Per la NASA però, gennaio è un mese nefasto, decisamente nefasto.
E’ in questo mese infatti che si registrano i due incidenti più tragici della storia astronautica americana.
L’incendio di Apollo 1 e la conseguente morte dei tre astronauti Virgil “Gas” Grissom, Ed White e Roger Chaffie.
Il 27 gennaio del 1967 l’avvio dei test sulla prima capsula Apollo che avrebbe ospitato tra astronauti si rivelò fatale.

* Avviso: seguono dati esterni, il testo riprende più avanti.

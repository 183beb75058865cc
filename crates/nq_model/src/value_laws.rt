// Laws of what terms and queries mean, on a function that does nothing.
ghost use Rattle.std.specs.Prelude.{◌≡◌, List};
ghost use Rattle.std.specs.List.{AllZip};
ghost use Rattle.nq_model.specs.Databases.{FilledTable, database};
ghost use Rattle.nq_model.specs.Meaning.{meaning};
ghost use Rattle.nq_model.specs.Proper.{IsOrdered, IsPlainTerm, IsProperTerm};
ghost use Rattle.nq_model.specs.QueryMeaning.{Means};
ghost use Rattle.nq_model.specs.SchemaTables.{AreTablesOf};
ghost use Rattle.nq_model.specs.Terms.{PlacedTerm, TermTree};
ghost use Rattle.nq_model.specs.Types.{TypeTree};
ghost use Rattle.nq_model.specs.Typing.{HasType};
ghost use Rattle.nq_model.specs.ValueTypes.{IsOfType};
ghost use Rattle.nq_model.specs.Values.{Nested, IsProper};
ghost use Rattle.nq_model.specs.declared.table.Cell.{Cell};
ghost use Rattle.nq_model.specs.declared.table.Schema.{Schema};

/// Over tables of a schema, what a typed plain term means is of the term's type, where the values
/// of the variables are of theirs. The labels of a value rise where those of its type do. A query
/// means one value at most.
pub fn meaning_laws()
    ensures typed { (schema : Schema) (tables : List (List (List Cell)))
        → AreTablesOf schema.tables tables
        → (context : List TypeTree) (env : List Nested) → AllZip IsOfType context env
        → (t : TermTree) (a : TypeTree) → IsProperTerm t → IsPlainTerm t
        → HasType schema context t a
        → IsOfType a (meaning (database schema.tables tables) env t) }
    ensures proper { (a : TypeTree) (v : Nested) → IsOrdered a → IsOfType a v → IsProper v }
    ensures one { (tables : List FilledTable) (query : PlacedTerm) (v w : Nested)
        → Means tables query v → Means tables query w → v ≡ w }
{}
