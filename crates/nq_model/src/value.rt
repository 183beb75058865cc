// Values.
ghost use Rattle.std.specs.Prelude.{◌≡◌, ◌↔◌, map, count_by, IfOk, IsTrue};
ghost use Rattle.nq_model.specs.Values.{nested, fields_view, fields_of, elements_of, Same, same, same_fields, same_counts};

use crate::list::List;
use crate::memory::Memory;
use crate::text::{Label, Text};
use std::alloc::Global;

/// A value. The labels of a record differ and stand in byte order; the elements of a bag stand in
/// any order, each as often as it is in the bag.
#[derive(Drop)]
pub enum Value {
    Int(i64),
    Bool(bool),
    Text(Text),
    Rec(List<(Label, Value)>),
    Bag(List<Value>),
}

impl Value {
    /// Whether the two are the same nested multiset: equal but for the order of the elements in
    /// each bag.
    ///
    /// This is the plain program, which counts: it compares each element of a bag with each other
    /// one, at every depth. The fast way is to put both values into canonical form and to compare
    /// these.
    #[cycle(same)]
    #[tactic(auto, using(crate::proofs::Trees::nested_record, crate::proofs::Trees::nested_bag))]
    pub fn same(&self, other: &Value) -> bool
        ensures counted { result ≡ same (nested self.now) (nested other.now) }
        ensures same { IsTrue result ↔ Same (nested self.now) (nested other.now) }
    {
        match (self, other) {
            (Value::Int(left), Value::Int(right)) => *left == *right,
            (Value::Bool(left), Value::Bool(right)) => *left == *right,
            (Value::Text(left), Value::Text(right)) => left.as_str() == right.as_str(),
            (Value::Rec(left), Value::Rec(right)) => same_fields(left.as_slice(), right.as_slice()),
            (Value::Bag(left), Value::Bag(right)) => left.len() == right.len()
                && same_counts(left.as_slice(), right.as_slice()),
            _ => false,
        }
    }

    /// A copy of the value.
    #[cycle(copy)]
    #[tactic(auto, using(crate::proofs::Trees::nested_record, crate::proofs::Trees::nested_bag))]
    pub fn copy(&self, alloc: Global) -> Result<Value, Memory>
        ensures { IfOk result (λ copy. nested copy ≡ nested self.now) }
    {
        match self {
            Value::Int(number) => Ok(Value::Int(*number)),
            Value::Bool(truth) => Ok(Value::Bool(*truth)),
            Value::Text(text) => Ok(Value::Text(text.copy(alloc)?)),
            Value::Rec(fields) => Ok(Value::Rec(copy_fields(alloc, fields.as_slice())?)),
            Value::Bag(elements) => Ok(Value::Bag(copy_elements(alloc, elements.as_slice())?)),
        }
    }
}

#[cycle(same)]
fn same_fields(left: &[(Label, Value)], right: &[(Label, Value)]) -> bool
    ensures { result ≡ same_fields (fields_of (map (λ f. (f.0, nested f.1)) left.now))
        (fields_of (map (λ f. (f.0, nested f.1)) right.now)) }
{
    if left.len() != right.len() {
        return false;
    }
    for i in 0..left.len() {
        if left[i].0.as_str() != right[i].0.as_str() || !left[i].1.same(&right[i].1) {
            return false;
        }
    }
    true
}

// Whether each of the first elements is the same as as many of the first as of the second.
#[cycle(same)]
fn same_counts(left: &[Value], right: &[Value]) -> bool
    ensures { result ≡ same_counts (elements_of (map nested left.now)) (map nested left.now)
        (map nested right.now) }
{
    for value in left {
        if count_same(value, left) != count_same(value, right) {
            return false;
        }
    }
    true
}

// How many elements are the same as the value.
#[cycle(same)]
fn count_same(value: &Value, among: &[Value]) -> usize
    ensures { result ≡ count_by (same (nested value.now)) (map nested among.now) }
{
    let mut count = 0;
    for other in among {
        if value.same(other) {
            count += 1;
        }
    }
    count
}

#[cycle(copy)]
fn copy_fields(alloc: Global, fields: &[(Label, Value)]) -> Result<List<(Label, Value)>, Memory>
    ensures { IfOk result (λ copies. fields_view copies ≡ fields_view fields.now) }
{
    let mut copies = List::with_capacity(alloc, fields.len())?;
    for field in fields {
        copies.push((field.0.copy(alloc)?, field.1.copy(alloc)?))?;
    }
    Ok(copies)
}

#[cycle(copy)]
fn copy_elements(alloc: Global, elements: &[Value]) -> Result<List<Value>, Memory>
    ensures { IfOk result (λ copies. map nested copies ≡ map nested elements.now) }
{
    let mut copies = List::with_capacity(alloc, elements.len())?;
    for element in elements {
        copies.push(element.copy(alloc)?)?;
    }
    Ok(copies)
}
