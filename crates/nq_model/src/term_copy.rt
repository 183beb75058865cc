// Copies of terms.
ghost use Rattle.std.specs.Prelude.{◌≡◌, IfOk};
ghost use Rattle.nq_model.specs.Terms.{placed};
ghost use Rattle.nq_model.specs.Substitution.{fields_with_places};

use crate::list::List;
use crate::memory::{Memory, boxed};
use crate::term::{Node, Term};
use crate::text::Label;
use std::alloc::Global;

impl Term {
    /// A copy of the term, places included.
    #[cycle(copy_term)]
    pub fn copy(&self, alloc: Global) -> Result<Term, Memory>
        ensures { IfOk result (λ t. placed t ≡ placed self.now) }
    {
        let place = self.place;
        match &self.node {
            Node::Var(k) => Ok(Term {
                place,
                node: Node::Var(*k),
            }),
            Node::Int(n) => Ok(Term {
                place,
                node: Node::Int(*n),
            }),
            Node::Bool(b) => Ok(Term {
                place,
                node: Node::Bool(*b),
            }),
            Node::Text(text) => Ok(Term {
                place,
                node: Node::Text(text.copy(alloc)?),
            }),
            Node::Table(label) => Ok(Term {
                place,
                node: Node::Table(label.copy(alloc)?),
            }),
            Node::Unary { op, of } => Ok(Term {
                place,
                node: Node::Unary {
                    op: *op,
                    of: copy_box(alloc, of)?,
                },
            }),
            Node::Binary { op, left, right } => Ok(Term {
                place,
                node: Node::Binary {
                    op: *op,
                    left: copy_box(alloc, left)?,
                    right: copy_box(alloc, right)?,
                },
            }),
            Node::If { test, yes, no } => Ok(Term {
                place,
                node: Node::If {
                    test: copy_box(alloc, test)?,
                    yes: copy_box(alloc, yes)?,
                    no: copy_box(alloc, no)?,
                },
            }),
            Node::Fun { taken, body } => Ok(Term {
                place,
                node: Node::Fun {
                    taken: taken.copy(alloc)?,
                    body: copy_box(alloc, body)?,
                },
            }),
            Node::Apply { func, arg } => Ok(Term {
                place,
                node: Node::Apply {
                    func: copy_box(alloc, func)?,
                    arg: copy_box(alloc, arg)?,
                },
            }),
            Node::Rec(fields) => Ok(Term {
                place,
                node: Node::Rec(copy_fields(alloc, fields.as_slice())?),
            }),
            Node::Field { of, label } => Ok(Term {
                place,
                node: Node::Field {
                    of: copy_box(alloc, of)?,
                    label: label.copy(alloc)?,
                },
            }),
            Node::Empty(of) => Ok(Term {
                place,
                node: Node::Empty(copy_box(alloc, of)?),
            }),
            Node::Count(of) => Ok(Term {
                place,
                node: Node::Count(copy_box(alloc, of)?),
            }),
            Node::Sum(of) => Ok(Term {
                place,
                node: Node::Sum(copy_box(alloc, of)?),
            }),
            Node::Single(of) => Ok(Term {
                place,
                node: Node::Single(copy_box(alloc, of)?),
            }),
            Node::Nil(element) => Ok(Term {
                place,
                node: Node::Nil(element.copy(alloc)?),
            }),
            Node::Union { left, right } => Ok(Term {
                place,
                node: Node::Union {
                    left: copy_box(alloc, left)?,
                    right: copy_box(alloc, right)?,
                },
            }),
            Node::For { source, body } => Ok(Term {
                place,
                node: Node::For {
                    source: copy_box(alloc, source)?,
                    body: copy_box(alloc, body)?,
                },
            }),
            Node::Guard { test, body } => Ok(Term {
                place,
                node: Node::Guard {
                    test: copy_box(alloc, test)?,
                    body: copy_box(alloc, body)?,
                },
            }),
            Node::Bind { value, body } => Ok(Term {
                place,
                node: Node::Bind {
                    value: copy_box(alloc, value)?,
                    body: copy_box(alloc, body)?,
                },
            }),
        }
    }
}

#[cycle(copy_term)]
fn copy_box(alloc: Global, term: &Term) -> Result<Box<Term>, Memory>
    ensures { IfOk result (λ t. placed t.value ≡ placed term.now) }
{
    let copied = term.copy(alloc)?;
    boxed(alloc, copied)
}

#[cycle(copy_term)]
fn copy_fields(alloc: Global, fields: &[(Label, Term)]) -> Result<List<(Label, Term)>, Memory>
    ensures { IfOk result (λ new. fields_with_places new ≡ fields_with_places fields.now) }
{
    let mut all = List::new(alloc);
    for field in fields {
        all.push((field.0.copy(alloc)?, field.1.copy(alloc)?))?;
    }
    Ok(all)
}
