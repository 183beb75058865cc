// The byte order of labels.
ghost use Rattle.std.specs.Prelude.{◌≡◌, ◌<◌, ◌≤◌, All, IfOk, length, map, insert};
ghost use Rattle.nq_model.specs.Orders.{by_label, label_at, place_cmp, label_order, put_by};
ghost use Rattle.nq_model.specs.Types.{fields_view};

use crate::list::List;
use crate::memory::Memory;
use crate::text::Label;
use crate::ty::Ty;
use std::alloc::Global;
use std::cmp::Ordering;

// The label at a place, or the empty one past the end.
fn label_at<T>(fields: &[(Label, T)], place: usize) -> &str
    ensures { result.now ≡ label_at (map (λ field. field.0) fields.now) place }
{
    match fields.get(place) {
        Some(field) => field.0.as_str(),
        None => "",
    }
}

// Where a place belongs among places that are in order: before the first that is not below it.
fn position_of<T>(fields: &[(Label, T)], places: &[usize], place: usize) -> usize
    ensures within { result ≤ length places.now }
    ensures put { insert places.now result place
        ≡ put_by (place_cmp (map (λ field. field.0) fields.now)) place places.now }
{
    let label = label_at(fields, place);
    for (at, other) in places.iter().enumerate() {
        if label.cmp(label_at(fields, *other)) != Ordering::Greater {
            return at;
        }
    }
    places.len()
}

/// The places of fields, counted from 0, in the byte order of their labels. The work is that of an
/// insertion sort, since a table has at most 64 columns.
pub fn label_order<T>(alloc: Global, fields: &[(Label, T)]) -> Result<List<usize>, Memory>
    ensures order { IfOk result (λ order. order ≡ label_order (map (λ field. field.0) fields.now)) }
    ensures within { IfOk result (λ order. All (λ place. place < length fields.now) order) }
{
    let mut order = Vec::with_capacity(alloc, fields.len())?;
    let mut place = fields.len();
    while place > 0 {
        place -= 1;
        let at = position_of(fields, order.as_slice(), place);
        order.insert(at, place)?;
    }
    Ok(List::from_vec(order))
}

/// The fields in the byte order of their labels; of equal labels the earlier field first. Fails
/// only if memory runs out.
pub fn in_label_order(fields: List<(Label, Ty)>) -> Result<List<(Label, Ty)>, Memory>
    ensures { IfOk result (λ sorted. fields_view sorted ≡ by_label (fields_view fields)) }
{
    let mut sorted = fields.into_vec();
    sorted.sort_by(|left, right| left.0.as_str().cmp(right.0.as_str()))?;
    Ok(List::from_vec(sorted))
}
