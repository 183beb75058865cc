// The lineage of a query over tables, by its traced form.
ghost use Rattle.std.specs.Prelude.{IfOk};
ghost use Rattle.nq_model.specs.Tables.{IsProperSchema};

use canon::{sort_deep, write};
use lineage::{
    TraceForm, Traced, decode, erase, has_no_numbers, recorded, trace_form, write_traced,
};
use normalise::normalise;
use nq_model::{List, Memory, Schema, Value};
use rows::Table;
use schema_reader::read_schema;
use std::alloc::Global;
use std::str;
use table_reader::read_table;
use test_support::plain;

/// The schema that a text spells.
pub fn schema_of(alloc: Global, text: &str) -> Result<Schema, Memory>
    ensures { IfOk result IsProperSchema }
{
    match read_schema(alloc, text.as_bytes()) {
        Ok(schema) => Ok(schema),
        Err(_) => Err(Memory),
    }
}

/// The traced form of a query.
pub fn form_of(alloc: Global, schema: &Schema, query: &str) -> Result<TraceForm, Memory>
    requires { IsProperSchema schema.now }
{
    let term = plain(alloc, schema, query)?;
    let normal = normalise(alloc, schema, &term)?;
    if !has_no_numbers(schema) {
        return Err(Memory);
    }
    trace_form(alloc, schema, &normal)
}

// The tables that texts have, where each row has its number in the last column.
fn tables_of(alloc: Global, schema: &Schema, texts: &[&str]) -> Result<List<Table>, Memory> {
    let mut tables = List::new(alloc);
    for (shape, text) in schema.tables.as_slice().iter().zip(texts.iter()) {
        let table = read_table(alloc, shape, text.as_bytes()).map_err(|_| Memory)?;
        tables.push(table)?;
    }
    Ok(tables)
}

/// The traced value of a query over the tables that texts have.
pub fn traced(
    alloc: Global,
    schema: &Schema,
    tables: &[&str],
    query: &str,
) -> Result<Traced, Memory>
    requires { IsProperSchema schema.now }
{
    let form = form_of(alloc, schema, query)?;
    let tables = tables_of(alloc, &form.schema, tables)?;
    let value = reference_forms::evaluate(alloc, &form.schema, tables.as_slice(), &form.normal)?;
    decode(alloc, &form, &value)
}

// A text of bytes, without its newline.
fn line(alloc: Global, bytes: List<u8>) -> Result<String, Memory> {
    let line = str::from_utf8(bytes.as_slice()).unwrap_or("no text");
    Ok(String::from_str(alloc, line.trim_end())?)
}

/// The text of a traced value, without its newline.
pub fn text_of(alloc: Global, traced: Traced) -> Result<String, Memory> {
    line(alloc, write_traced(alloc, traced)?)
}

/// The text of a traced value without its rows, without its newline.
pub fn plain_text_of(alloc: Global, traced: &Traced) -> Result<String, Memory> {
    let value: Value = erase(alloc, traced)?;
    line(alloc, write(alloc, &sort_deep(alloc, value)?)?)
}

/// The text of a traced value as a value of records, without its newline.
pub fn records_text_of(alloc: Global, traced: Traced) -> Result<String, Memory> {
    line(alloc, write(alloc, &recorded(alloc, traced)?)?)
}
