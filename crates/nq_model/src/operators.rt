// What operators give on cells.
ghost use Rattle.std.specs.Prelude.{◌≡◌};
ghost use Rattle.std.specs.Ordering.{is_lt};
ghost use Rattle.nq_model.specs.Cells.{cell_cmp, cell_eq};
ghost use Rattle.nq_model.specs.Operators.{binary_value, int_of, is_true, unary_value};

use crate::table::Cell;
use crate::term::{Binary, Unary};

/// Whether a cell is true; one that is no truth value counts as false.
pub fn is_true(cell: &Cell) -> bool
    ensures { result ≡ is_true cell.now }
{
    match cell {
        Cell::Bool(truth) => *truth,
        _ => false,
    }
}

// The number of a cell; one that is no number counts as 0.
fn int_of(cell: &Cell) -> i64
    ensures { result ≡ int_of cell.now }
{
    match cell {
        Cell::Int(number) => *number,
        _ => 0,
    }
}

// Whether two cells are one.
fn is_equal(left: &Cell, right: &Cell) -> bool
    ensures { result ≡ cell_eq left.now right.now }
{
    left.as_ref() == right.as_ref()
}

// Whether the left cell stands before the right.
fn is_below(left: &Cell, right: &Cell) -> bool
    ensures { result ≡ is_lt (cell_cmp left.now right.now) }
{
    left.as_ref() < right.as_ref()
}

/// What an operator gives for one operand.
pub fn unary_value(op: Unary, of: &Cell) -> Cell
    ensures { result ≡ unary_value op of.now }
{
    match op {
        Unary::Minus => Cell::Int(int_of(of).wrapping_neg()),
        Unary::Not => Cell::Bool(!is_true(of)),
    }
}

/// What an operator gives for two operands.
pub fn binary_value(op: Binary, left: &Cell, right: &Cell) -> Cell
    ensures { result ≡ binary_value op left.now right.now }
{
    match op {
        Binary::Add => Cell::Int(int_of(left).wrapping_add(int_of(right))),
        Binary::Sub => Cell::Int(int_of(left).wrapping_sub(int_of(right))),
        Binary::Mul => Cell::Int(int_of(left).wrapping_mul(int_of(right))),
        Binary::Eq => Cell::Bool(is_equal(left, right)),
        Binary::Ne => Cell::Bool(!is_equal(left, right)),
        Binary::Lt => Cell::Bool(is_below(left, right)),
        Binary::Le => Cell::Bool(!is_below(right, left)),
        Binary::Gt => Cell::Bool(is_below(right, left)),
        Binary::Ge => Cell::Bool(!is_below(left, right)),
        Binary::And => Cell::Bool(is_true(left) && is_true(right)),
        Binary::Or => Cell::Bool(is_true(left) || is_true(right)),
    }
}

Dopo una serie di avvisaglie, incautamente ignorate dai tecnici e il conseguente ritardo sulla tabella di marcia, i test stavano per riprendere e alle 18,31. Fu letto un aumento di pressione nelle tute degli astronauti e qualche istante dopo si udirono le grida prima di Chaffee che esclamò di sentir odore di fuoco. La conferma che la capsula stava diventando una trappola mortale per i tre uomini arrivò pochissimi secondi dopo, quando White urlò “Fuoco, fuoco in cabina”.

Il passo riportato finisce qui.